====== Material to process ======
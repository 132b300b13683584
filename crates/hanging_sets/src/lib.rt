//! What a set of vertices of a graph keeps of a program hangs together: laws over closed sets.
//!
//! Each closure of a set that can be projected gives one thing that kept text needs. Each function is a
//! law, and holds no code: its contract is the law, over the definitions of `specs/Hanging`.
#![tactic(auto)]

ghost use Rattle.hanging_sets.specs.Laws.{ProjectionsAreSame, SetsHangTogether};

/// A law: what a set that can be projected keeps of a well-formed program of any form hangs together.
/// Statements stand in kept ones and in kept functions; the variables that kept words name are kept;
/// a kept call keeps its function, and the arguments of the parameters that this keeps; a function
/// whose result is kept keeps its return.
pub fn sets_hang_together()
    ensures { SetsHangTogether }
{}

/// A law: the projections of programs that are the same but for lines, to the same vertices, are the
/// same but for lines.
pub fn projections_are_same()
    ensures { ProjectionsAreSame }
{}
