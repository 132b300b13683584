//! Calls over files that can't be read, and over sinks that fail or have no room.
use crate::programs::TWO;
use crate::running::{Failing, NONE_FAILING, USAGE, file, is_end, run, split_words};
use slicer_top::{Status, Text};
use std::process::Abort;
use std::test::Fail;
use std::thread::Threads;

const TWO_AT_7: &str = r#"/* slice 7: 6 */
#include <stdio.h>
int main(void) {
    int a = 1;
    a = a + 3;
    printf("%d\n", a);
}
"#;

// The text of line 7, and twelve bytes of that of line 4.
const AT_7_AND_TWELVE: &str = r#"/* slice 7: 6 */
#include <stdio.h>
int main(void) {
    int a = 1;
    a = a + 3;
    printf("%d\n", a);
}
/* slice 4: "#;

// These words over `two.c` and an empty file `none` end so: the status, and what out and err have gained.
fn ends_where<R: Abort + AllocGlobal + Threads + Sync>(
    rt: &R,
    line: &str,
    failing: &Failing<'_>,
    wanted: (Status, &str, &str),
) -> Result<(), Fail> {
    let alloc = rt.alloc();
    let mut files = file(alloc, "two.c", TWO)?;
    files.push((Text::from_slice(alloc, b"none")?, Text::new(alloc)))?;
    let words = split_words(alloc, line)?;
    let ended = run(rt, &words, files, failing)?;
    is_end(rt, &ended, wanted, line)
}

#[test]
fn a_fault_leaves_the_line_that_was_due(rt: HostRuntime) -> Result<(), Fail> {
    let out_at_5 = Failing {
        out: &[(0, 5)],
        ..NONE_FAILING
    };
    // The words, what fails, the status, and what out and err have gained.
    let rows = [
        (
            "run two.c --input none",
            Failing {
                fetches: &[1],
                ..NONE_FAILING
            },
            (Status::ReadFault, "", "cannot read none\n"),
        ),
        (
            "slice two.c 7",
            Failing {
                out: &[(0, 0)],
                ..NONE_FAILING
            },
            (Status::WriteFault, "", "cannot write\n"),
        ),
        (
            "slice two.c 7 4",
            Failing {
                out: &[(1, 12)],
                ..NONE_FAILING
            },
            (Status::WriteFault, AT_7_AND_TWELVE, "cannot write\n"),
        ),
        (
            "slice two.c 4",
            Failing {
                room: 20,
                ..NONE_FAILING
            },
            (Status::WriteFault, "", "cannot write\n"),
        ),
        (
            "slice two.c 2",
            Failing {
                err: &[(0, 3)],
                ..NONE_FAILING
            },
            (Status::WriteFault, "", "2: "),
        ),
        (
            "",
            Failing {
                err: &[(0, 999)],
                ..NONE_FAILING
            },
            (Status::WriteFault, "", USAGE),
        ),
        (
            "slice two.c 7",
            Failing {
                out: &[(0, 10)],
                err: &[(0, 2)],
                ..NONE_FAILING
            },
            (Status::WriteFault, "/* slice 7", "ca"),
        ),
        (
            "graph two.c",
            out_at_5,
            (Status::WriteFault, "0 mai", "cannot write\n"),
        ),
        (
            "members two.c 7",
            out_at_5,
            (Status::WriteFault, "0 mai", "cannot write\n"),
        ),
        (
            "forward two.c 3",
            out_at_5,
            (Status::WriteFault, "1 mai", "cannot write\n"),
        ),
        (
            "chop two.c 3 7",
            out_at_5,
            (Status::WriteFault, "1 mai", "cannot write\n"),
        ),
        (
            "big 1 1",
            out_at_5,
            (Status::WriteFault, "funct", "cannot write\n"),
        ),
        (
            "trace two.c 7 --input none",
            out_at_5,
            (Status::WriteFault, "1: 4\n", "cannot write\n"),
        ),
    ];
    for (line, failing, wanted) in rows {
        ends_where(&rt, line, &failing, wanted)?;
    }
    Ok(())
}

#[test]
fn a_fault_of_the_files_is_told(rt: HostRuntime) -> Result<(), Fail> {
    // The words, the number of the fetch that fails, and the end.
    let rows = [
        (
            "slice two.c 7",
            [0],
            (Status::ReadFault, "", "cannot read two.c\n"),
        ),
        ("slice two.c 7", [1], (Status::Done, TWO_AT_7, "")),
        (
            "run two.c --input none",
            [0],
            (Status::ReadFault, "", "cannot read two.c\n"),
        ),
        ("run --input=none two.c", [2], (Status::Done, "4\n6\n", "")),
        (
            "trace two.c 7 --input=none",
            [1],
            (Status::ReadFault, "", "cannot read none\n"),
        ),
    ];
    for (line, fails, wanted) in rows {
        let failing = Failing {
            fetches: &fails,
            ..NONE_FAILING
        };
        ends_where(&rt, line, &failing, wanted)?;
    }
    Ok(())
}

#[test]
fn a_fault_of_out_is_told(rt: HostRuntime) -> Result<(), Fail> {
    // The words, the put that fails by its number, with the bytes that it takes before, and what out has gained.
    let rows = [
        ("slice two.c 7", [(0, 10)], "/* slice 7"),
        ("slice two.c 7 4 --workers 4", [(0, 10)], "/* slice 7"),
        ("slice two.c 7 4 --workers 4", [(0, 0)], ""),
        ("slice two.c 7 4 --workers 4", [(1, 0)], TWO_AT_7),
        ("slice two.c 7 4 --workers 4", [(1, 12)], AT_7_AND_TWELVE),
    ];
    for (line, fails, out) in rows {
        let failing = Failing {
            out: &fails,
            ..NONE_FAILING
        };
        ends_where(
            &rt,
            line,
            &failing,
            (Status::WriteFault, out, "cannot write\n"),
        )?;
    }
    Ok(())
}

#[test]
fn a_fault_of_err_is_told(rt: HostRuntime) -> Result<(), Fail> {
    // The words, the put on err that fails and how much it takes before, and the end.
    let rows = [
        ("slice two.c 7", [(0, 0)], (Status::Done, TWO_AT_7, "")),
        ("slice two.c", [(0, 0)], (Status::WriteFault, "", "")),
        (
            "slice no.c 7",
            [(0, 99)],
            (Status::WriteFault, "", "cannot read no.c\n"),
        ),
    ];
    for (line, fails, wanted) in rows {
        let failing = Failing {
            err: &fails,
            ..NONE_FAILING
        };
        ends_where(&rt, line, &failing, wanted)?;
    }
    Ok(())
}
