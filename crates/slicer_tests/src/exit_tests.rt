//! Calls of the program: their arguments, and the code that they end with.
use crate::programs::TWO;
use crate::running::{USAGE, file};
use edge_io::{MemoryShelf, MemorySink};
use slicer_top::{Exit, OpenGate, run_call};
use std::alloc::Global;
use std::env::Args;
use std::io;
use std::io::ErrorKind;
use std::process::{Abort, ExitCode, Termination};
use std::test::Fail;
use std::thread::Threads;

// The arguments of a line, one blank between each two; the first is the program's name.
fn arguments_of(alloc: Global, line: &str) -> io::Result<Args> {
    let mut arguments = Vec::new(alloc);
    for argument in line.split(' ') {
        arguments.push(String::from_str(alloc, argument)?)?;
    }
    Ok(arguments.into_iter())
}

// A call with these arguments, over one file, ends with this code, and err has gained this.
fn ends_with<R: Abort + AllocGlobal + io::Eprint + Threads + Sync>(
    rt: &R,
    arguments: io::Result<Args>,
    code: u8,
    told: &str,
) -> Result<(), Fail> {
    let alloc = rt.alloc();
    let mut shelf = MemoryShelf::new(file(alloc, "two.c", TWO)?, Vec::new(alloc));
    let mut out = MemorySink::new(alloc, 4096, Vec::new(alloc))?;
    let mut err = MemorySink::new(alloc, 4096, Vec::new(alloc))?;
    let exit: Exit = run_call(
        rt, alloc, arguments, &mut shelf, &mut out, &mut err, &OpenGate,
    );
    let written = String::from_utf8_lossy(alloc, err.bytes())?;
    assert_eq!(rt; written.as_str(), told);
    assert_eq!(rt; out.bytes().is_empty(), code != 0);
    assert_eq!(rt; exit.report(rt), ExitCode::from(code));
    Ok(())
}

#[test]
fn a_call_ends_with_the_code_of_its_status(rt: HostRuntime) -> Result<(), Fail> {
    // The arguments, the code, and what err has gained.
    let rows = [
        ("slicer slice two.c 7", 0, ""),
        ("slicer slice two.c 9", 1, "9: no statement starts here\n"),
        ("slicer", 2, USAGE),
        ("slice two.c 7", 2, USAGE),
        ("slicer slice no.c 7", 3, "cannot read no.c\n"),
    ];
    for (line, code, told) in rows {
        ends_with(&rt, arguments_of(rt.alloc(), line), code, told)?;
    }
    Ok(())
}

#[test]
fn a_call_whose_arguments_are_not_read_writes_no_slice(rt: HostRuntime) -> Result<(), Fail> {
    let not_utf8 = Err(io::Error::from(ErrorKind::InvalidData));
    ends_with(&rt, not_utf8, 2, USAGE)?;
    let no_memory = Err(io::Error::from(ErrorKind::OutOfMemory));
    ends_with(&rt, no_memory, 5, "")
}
======
:: What this task involves ::
Above are some records; copy exactly the lines from the one with "assert_eq!(rt; out.bytes().is_empty(), code" through the one with "for (line, code, told)", both included, and no others.

:: Answer space ::
    assert_eq!(rt; out.bytes().is_empty(), code != 0);
    assert_eq!(rt; exit.report(rt), ExitCode::from(code));
    Ok(())
}

#[test]
fn a_call_ends_with_the_code_of_its_status(rt: HostRuntime) -> Result<(), Fail> {
    // The arguments, the code, and what err has gained.
    let rows = [
        ("slicer slice two.c 7", 0, ""),
        ("slicer slice two.c 9", 1, "9: no statement starts here\n"),
        ("slicer", 2, USAGE),
        ("slice two.c 7", 2, USAGE),
        ("slicer slice no.c 7", 3, "cannot read no.c\n"),
    ];
    for (line, code, told) in rows {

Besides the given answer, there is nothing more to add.